09/24/2020 Project

Launch of Exhibition Project „Riga as a Place of Crime and Remembrance”

In September 2020 the Project “Remembrance place Riga – The Deportation from the German-speaking territory and the Holocaust in Occupied Latvia 1941-1944” (exhibition title TBC) will be launched at the Neuengamme Concentration Camp Memorial. The Project by Dr. Franziska Jahn and Matthias M. Ester M.A., supported by the German Foreign Office, will be in collaboration with German and Latvian Partners, who will create a bilingual travelling exhibition to this Theme.

2021 will be the 80th year since the start of the deportation from the German Reich to Riga.Between November 27, 1941 and October 26, 1942, 25 trains from the German Reich (including the connected Austria and the annexed Czechoslovakia) left to Riga. Almost 25,000 Jewish men, women and children from 16 cities and surrounding regions were affected. Only some 1080 people from these deportation transports survived Riga, the subsequent National Socialist mass crimes and witnessed the liberation.
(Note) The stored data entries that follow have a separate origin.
//! Reservations: the cheapest open runs are emptied and handed out.

ghost use Rattle.std.specs.Prelude.{◌≡◌, ◌+◌, ◌*◌, ◌/◌, ◌^◌, ◌<◌, ◌≤◌, ℕ, None, Some, true, false, [], ◌∷◌, is_some, length, nat_le, nat_lt, slice_index, IfNone, IfOk, IfSome, OnSome, OnOk, OnErr};
ghost use Rattle.std.specs.FinMap as map;
ghost use Rattle.std.specs.Result.{result_err};
ghost use Rattle.fewest_core.specs.Claims.{claim_refusal};
ghost use Rattle.fewest_core.specs.Evacuation.{is_beside, is_in_run, IsCarriedFrom};
ghost use Rattle.fewest_core.specs.FewestMoves.{cost, costs, is_open, is_shut, least, run_count};
ghost use Rattle.fewest_core.specs.Reservation.{blocks_taken, cleared, is_in_runs, rank, reserve_refusal, reserved, ArePicked};
ghost use Rattle.frame_core.specs.Below.{highest};
ghost use Rattle.frame_core.specs.Moves.{moved, out};
ghost use Rattle.state_core.specs.HandingOut.{is_run};
ghost use Rattle.state_core.specs.Valid.{IsValidZone};
ghost use Rattle.state_core.specs.ZoneState.{frame_count};
ghost use Rattle.zone_core.specs.Emptying.{HasEnough, IsEmptying};
ghost use Rattle.zone_core.specs.Reserving.{is_after, is_before, is_level, least_free, lower, next_rank, IsNext, IsOpenRun};
ghost use Rattle.zone_core.specs.ZoneIdentity.{HasIdentity};

use crate::bare::BareZone;
use crate::bare::evacuating::is_in_run;
use frame_core::{FrameNo, Order};
use state_core::ZoneError;

/// The open run of an order with the fewest pages.
#[derive(Clone, Copy, Debug, PartialEq, Eq)]
pub struct CheapestRun {
    /// Its first frame.
    pub first: FrameNo,
    /// How many pages it has.
    pub pages: u32,
}

/// An open run by its number among the runs of its size, and how many pages it has.
#[derive(Clone, Copy)]
pub struct OpenRun {
    number: u32,
    pages: u32,
}

impl OpenRun {
    /// Whether a run goes before another one: it has fewer pages, or as many and is lower.
    fn is_before(self, other: OpenRun) -> bool
        ensures { result ≡ is_before self other }
    {
        self.pages < other.pages || self.pages == other.pages && self.number < other.number
    }

    /// Whether it goes after a run, if there is one.
    fn is_after(self, last: Option<OpenRun>) -> bool
        ensures { result ≡ is_after self last }
    {
        match last {
            Some(last) => last.is_before(self),
            None => true,
        }
    }

    /// Whether it has as few pages as a run, or none where there is no such run. Then it goes before each higher run that goes after that
    /// one.
    fn is_level(self, last: Option<OpenRun>) -> bool
        ensures { result ≡ is_level self last }
    {
        match last {
            Some(last) => self.pages == last.pages,
            None => self.pages == 0,
        }
    }
}

impl<const W: usize> BareZone<W> {
    /// Hands out as many blocks of an order as `firsts` has places, and answers how many pages were moved for it. The cheapest open runs
    /// are picked, the lowest first of equals, and their first frames are written into `firsts` in this order. No list of moves that makes
    /// so many runs free is shorter than what is moved here (`fewest_moves`). The pages go, the lowest first, each to the highest free
    /// frame of an unmarked pageblock outside of these runs. From the first of them on the latest round isn't quiet any more.
    ///
    /// Refused as NoBlock where fewer runs are open, and where fewer frames of unmarked pageblocks are free than the blocks have frames.
    /// Else refused as JournalFull unless the journal has two places for each of the pages and one for each of the blocks, besides one for
    /// each page that is moving.
    pub fn reserve(&mut self, order: Order, firsts: &mut [FrameNo]) -> Result<u32, ZoneError>
        ensures refused { result_err result ≡ reserve_refusal self.old (length firsts.old) order }
        ensures err { OnErr result ((self.new ≡ self.old) × (firsts.new ≡ firsts.old)) }
        ensures pages { IfOk result (λ pages. pages ≡ least (length firsts.old) self.old (2 ^ order)) }
        ensures picked { OnOk result (ArePicked self.old order firsts.new) }
        ensures ok { OnOk result (self.new ≡ reserved self.old order firsts.new) }
        ensures moved { IfOk result (λ pages. moved self.new.records ≡ moved self.old.records + pages) }
        ensures taken { OnOk result ((place : ℕ) → place < length firsts.new → map.get self.new.handed_out (slice_index firsts.new place) ≡ Some order) }
        // The pages are as they were, but for the frames of those that went.
        ensures carried { OnOk result (IsCarriedFrom (is_in_runs firsts.new (2 ^ order)) self.old self.new) }
        ensures count { length firsts.new ≡ length firsts.old }
        ensures identity { HasIdentity self.old.number self.old.blocks self.new }
        ensures valid { IsValidZone self.new }
    {
        let pages = self.pages_to_reserve(order, firsts.len())?;
        self.pick(order, firsts);
        self.clear(order, firsts);
        self.hand_out_each(order, firsts);
        Ok(pages)
    }

    /// The open run of an order with the fewest pages, the lowest of equals, if a run is open. A run is open where no frame of it is in a
    /// marked pageblock, handed out, claimed, or of a page that is moving, pinned or unmovable.
    pub fn cheapest_run(&self, order: Order) -> Option<CheapestRun>
        ensures there { is_some result ≡ nat_lt 0 (length (costs self.now (2 ^ order))) }
        ensures picked { IfSome result (λ run. ArePicked self.now order (run.first ∷ [])) }
        ensures pages { IfSome result (λ run. run.pages ≡ cost self.now (2 ^ order) (run.first / 2 ^ order)) }
        // No other open run has fewer.
        ensures least { IfSome result (λ run. run.pages ≡ least 1 self.now (2 ^ order)) }
        ensures claim { IfSome result (λ run. claim_refusal self.now run.first order ≡ None) }
    {
        let run = self.next_open(order, None)?;
        let first = run_start(order, run.number);
        Some(CheapestRun {
            first,
            pages: run.pages,
        })
    }

    /// How many pages the cheapest open runs of an order have together, as many runs as `firsts` has places, or none where fewer are open.
    /// Their first frames are written into `firsts`, the cheapest first, and the lowest first of equals. Where there is no answer nothing is
    /// written. A run is open as `cheapest_run` says. Other runs may be the cheapest after the next call that changes the zone.
    pub fn cheapest_runs(&self, order: Order, firsts: &mut [FrameNo]) -> Option<u32>
        ensures there { is_some result ≡ nat_le (length firsts.old) (length (costs self.now (2 ^ order))) }
        ensures pages { IfSome result (λ pages. pages ≡ least (length firsts.old) self.now (2 ^ order)) }
        ensures picked { OnSome result (ArePicked self.now order firsts.new) }
        ensures none { IfNone result (firsts.new ≡ firsts.old) }
        ensures count { length firsts.new ≡ length firsts.old }
    {
        let pages = self.least_pages(order, firsts.len())?;
        self.pick(order, firsts);
        Some(pages)
    }

    /// How many pages move for so many blocks, or why their reservation is refused.
    fn pages_to_reserve(&self, order: Order, blocks: usize) -> Result<u32, ZoneError>
        ensures refused { result_err result ≡ reserve_refusal self.now blocks order }
        ensures pages { IfOk result (λ pages. pages ≡ least blocks self.now (2 ^ order)) }
        ensures valid { IsValidZone self.now }
    {
        let vacant = self.tables.vacant();
        let Some(pages) = self.least_pages(order, blocks) else {
            return Err(ZoneError::NoBlock);
        };
        let blocks = blocks as u32;
        if order.frames() * blocks > vacant {
            return Err(ZoneError::NoBlock);
        }
        if !self.tables.has_room_to_reserve(pages, blocks) {
            return Err(ZoneError::JournalFull);
        }
        Ok(pages)
    }

    /// The open run that is next in rank after a run, or the first one of all, if there is one.
    fn next_open(&self, order: Order, last: Option<OpenRun>) -> Option<OpenRun>
        requires { IfSome last (λ run. IsOpenRun self.now (2 ^ order) run) }
        ensures there { is_some result ≡ nat_lt (next_rank self.now (2 ^ order) last) (length (costs self.now (2 ^ order))) }
        ensures next { IfSome result (λ run. IsOpenRun self.now (2 ^ order) run) }
        ensures ranked { IfSome result (λ run. rank self.now (2 ^ order) run.number ≡ next_rank self.now (2 ^ order) last) }
        ensures valid { IsValidZone self.now }
    {
        if last.is_none() {
            if let Some(run) = self.free_run(order) {
                return Some(run);
            }
        }
        let mut next = None;
        let mut from = 0;
        // Of equals the lowest comes first, so a later run is asked for only if it has fewer pages.
        while let Some(number) = self
            .tables
            .next_run_with(order, from, least_free(order, next))
        {
            from = number + 1;
            let Some(run) = self.open_run(order, number) else {
                continue;
            };
            if run.is_after(last) {
                if run.is_level(last) {
                    return Some(run);
                }
                next = Some(run);
            }
        }
        next
    }

    /// The run of an order with this number, if it is open.
    fn open_run(&self, order: Order, number: u32) -> Option<OpenRun>
        requires { number < run_count self.now (2 ^ order) }
        ensures open { is_some result ≡ is_open self.now (2 ^ order) number }
        ensures run { IfSome result (λ run. IsOpenRun self.now (2 ^ order) run) }
        ensures number { IfSome result (λ run. run.number ≡ number) }
    {
        let pages = self.tables.pages_of(run_start(order, number), order)?;
        Some(OpenRun { number, pages })
    }

    /// The lowest free run, unless its pageblock is marked. No open run goes before it.
    fn free_run(&self, order: Order) -> Option<OpenRun>
        ensures next { IfSome result (λ run. IsOpenRun self.now (2 ^ order) run) }
        ensures ranked { IfSome result (λ run. rank self.now (2 ^ order) run.number ≡ 0) }
        ensures valid { IsValidZone self.now }
    {
        let first = self.tables.find_run(order)?;
        self.open_run(order, first.get() / order.frames())
    }

    /// How many pages the cheapest open runs have together, as many runs as are asked for, or none where fewer are open.
    fn least_pages(&self, order: Order, runs: usize) -> Option<u32>
        ensures there { is_some result ≡ nat_le runs (length (costs self.now (2 ^ order))) }
        ensures pages { IfSome result (λ pages. pages ≡ least runs self.now (2 ^ order)) }
    {
        let mut pages = 0;
        let mut last = None;
        for _ in 0..runs {
            let run = self.next_open(order, last)?;
            pages += run.pages;
            last = Some(run);
        }
        Some(pages)
    }

    /// Writes the first frames of the cheapest open runs, the cheapest first, and the lowest first of equals.
    fn pick(&self, order: Order, firsts: &mut [FrameNo])
        requires { length firsts.old ≤ length (costs self.now (2 ^ order)) }
        ensures picked { ArePicked self.now order firsts.new }
        ensures count { length firsts.new ≡ length firsts.old }
    {
        let mut last = None;
        for place in 0..firsts.len() {
            let Some(run) = self.next_open(order, last) else {
                unreachable!();
            };
            firsts[place] = run_start(order, run.number);
            last = Some(run);
        }
    }

    /// Moves each page of these runs to the highest free frame of an unmarked pageblock outside of them, the lowest page first.
    pub(crate) fn clear(&mut self, order: Order, firsts: &[FrameNo])
        requires within { (frame : ℕ) → is_in_runs firsts.now (2 ^ order) frame ≡ true → frame < frame_count self.old }
        requires open { (frame : ℕ) → is_in_runs firsts.now (2 ^ order) frame ≡ true → is_shut self.old frame ≡ false }
        requires enough { HasEnough (is_in_runs firsts.now (2 ^ order)) self.old }
        ensures cleared { self.new ≡ cleared (is_in_runs firsts.now (2 ^ order)) self.old (frame_count self.old) }
        ensures emptied { IsEmptying (is_in_runs firsts.now (2 ^ order)) self.old self.new (frame_count self.old) }
        ensures valid { IsValidZone self.new }
    {
        let mut top = 512 * self.blocks();
        let mut from = 0;
        while let Some(number) = next_in_runs(firsts, order, from) {
            from = number + 1;
            let source = frame_no(number);
            let Some(page) = self.tables.holder(source) else {
                continue;
            };
            let Some(target) = self.highest_beside(order, firsts, top) else {
                unreachable!();
            };
            self.tables.move_page(page, source, target);
            top = target.get();
        }
    }

    /// The highest frame below `top` that may take a page of these runs, if there is one: it is in none of them, and free, in an unmarked
    /// pageblock.
    fn highest_beside(&self, order: Order, firsts: &[FrameNo], top: u32) -> Option<FrameNo>
        requires { top ≤ frame_count self.now }
        ensures { result ≡ highest (is_beside (is_in_runs firsts.now (2 ^ order)) self.now) top }
    {
        let mut end = top;
        while let Some(frame) = self.tables.last_vacant(end) {
            if !is_in_runs(firsts, order, frame) {
                return Some(frame);
            }
            end = frame.get();
        }
        None
    }

    /// Hands out free blocks with these first frames, no two of which share a frame.
    fn hand_out_each(&mut self, order: Order, firsts: &[FrameNo])
        requires room { length (out self.old.records) + length firsts.now ≤ self.old.room }
        requires free { (place : ℕ) → place < length firsts.now → is_run self.old order (slice_index firsts.now place) ≡ true }
        requires apart { (a b frame : ℕ) → a < b → b < length firsts.now → is_in_run (slice_index firsts.now a) (2 ^ order) frame ≡ true → is_in_run (slice_index firsts.now b) (2 ^ order) frame ≡ false }
        ensures taken { self.new ≡ blocks_taken self.old order firsts.now (length firsts.now) }
        ensures valid { IsValidZone self.new }
    {
        for place in 0..firsts.len() {
            self.tables.hand_out(firsts[place], order);
        }
    }
}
In the second half of 2022, the travelling Exhibition of the Project will be seen in four German deportation sites, and finally will be shown in Riga, Latvia. The Exhibition, created during the Project, aims to cement Riga as a place of National Socialist crime, but also as a place of remembrance of pan-European importance in the public’s perception. The Exhibition from the Foundation of Memorials and Places of Learning in Hamburg can be lent out to other interested cities in Germany, Latvia, Czech Republic and Austria from January 2023 onwards.

The Historian and Pedagogue Dr. Franziska Jahn has since 2007 researched and publicized about the Holocaust in Latvia from 1941-1944, especially about Riga as a place of crime and remembrance. In 2018, she published her dissertation “Concentration Camp Riga-Kaiserwald and its Satellite Camps 1943-1944. Structures and Developments” in the Metropol Verlag. Franziska Jahn went to Riga multiple times for research, and knows a lot about the German and Latvian Archives. As a result, she can give valuable insights into the didactic communication of the Exhibition’s content.

The Historian Matthias M. Ester, M.A., has worked since his first stay in Riga in 2003 on the Deportations from the German regions and cities and on the annihilation events in and around Riga. In 2008, he was a part of the conception of the Exhibition „The Riga-deportations from Münster and the Münsterland.”, in cooperation with the historical place the Villa ten Hompel, and conducts regular study trips to Riga as well as Memorial-trips and advanced education for teachers and students. His knowledge about the historical and societal institutions and initiatives in Riga will become apparent during the development of the Exhibition.